- DATA EXTRACTS:
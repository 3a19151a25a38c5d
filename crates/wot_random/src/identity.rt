//! One key with what certifications and commands need of it: its fingerprint, its user ID and its packets.
ghost use Rattle.std.specs.Prelude.{◌<◌, ◌^◌, length};

use wot_fields::Octets;
use wot_types::{Fpr, SigNumber, UserId};

/// A key with its one user ID and its direct key signature.
#[derive(Drop)]
pub struct Identity {
    /// The body of the key.
    pub body: Octets,
    pub fpr: Fpr,
    pub uid: UserId,
    /// The number of the direct key signature.
    pub direct: SigNumber,
    /// The packets of the key, of that signature and of the user ID.
    pub packets: Octets,
    ghost short_body: { length body < 2 ^ 32 },
    ghost short_uid: { length uid < 2 ^ 32 },
}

- PROBLEM STATEMENT: Once the listing above has been read, restate it exactly.

- SOLUTION:
repository 3a19151a25a38c5d
filename crates/wot_random/src/identity.rt
//! One key with what certifications and commands need of it: its fingerprint, its user ID and its packets.
ghost use Rattle.std.specs.Prelude.{◌<◌, ◌^◌, length};

use wot_fields::Octets;
use wot_types::{Fpr, SigNumber, UserId};

/// A key with its one user ID and its direct key signature.
#[derive(Drop)]
pub struct Identity {
    /// The body of the key.
    pub body: Octets,
    pub fpr: Fpr,
    pub uid: UserId,
    /// The number of the direct key signature.
    pub direct: SigNumber,
    /// The packets of the key, of that signature and of the user ID.
    pub packets: Octets,
    ghost short_body: { length body < 2 ^ 32 },
    ghost short_uid: { length uid < 2 ^ 32 },
}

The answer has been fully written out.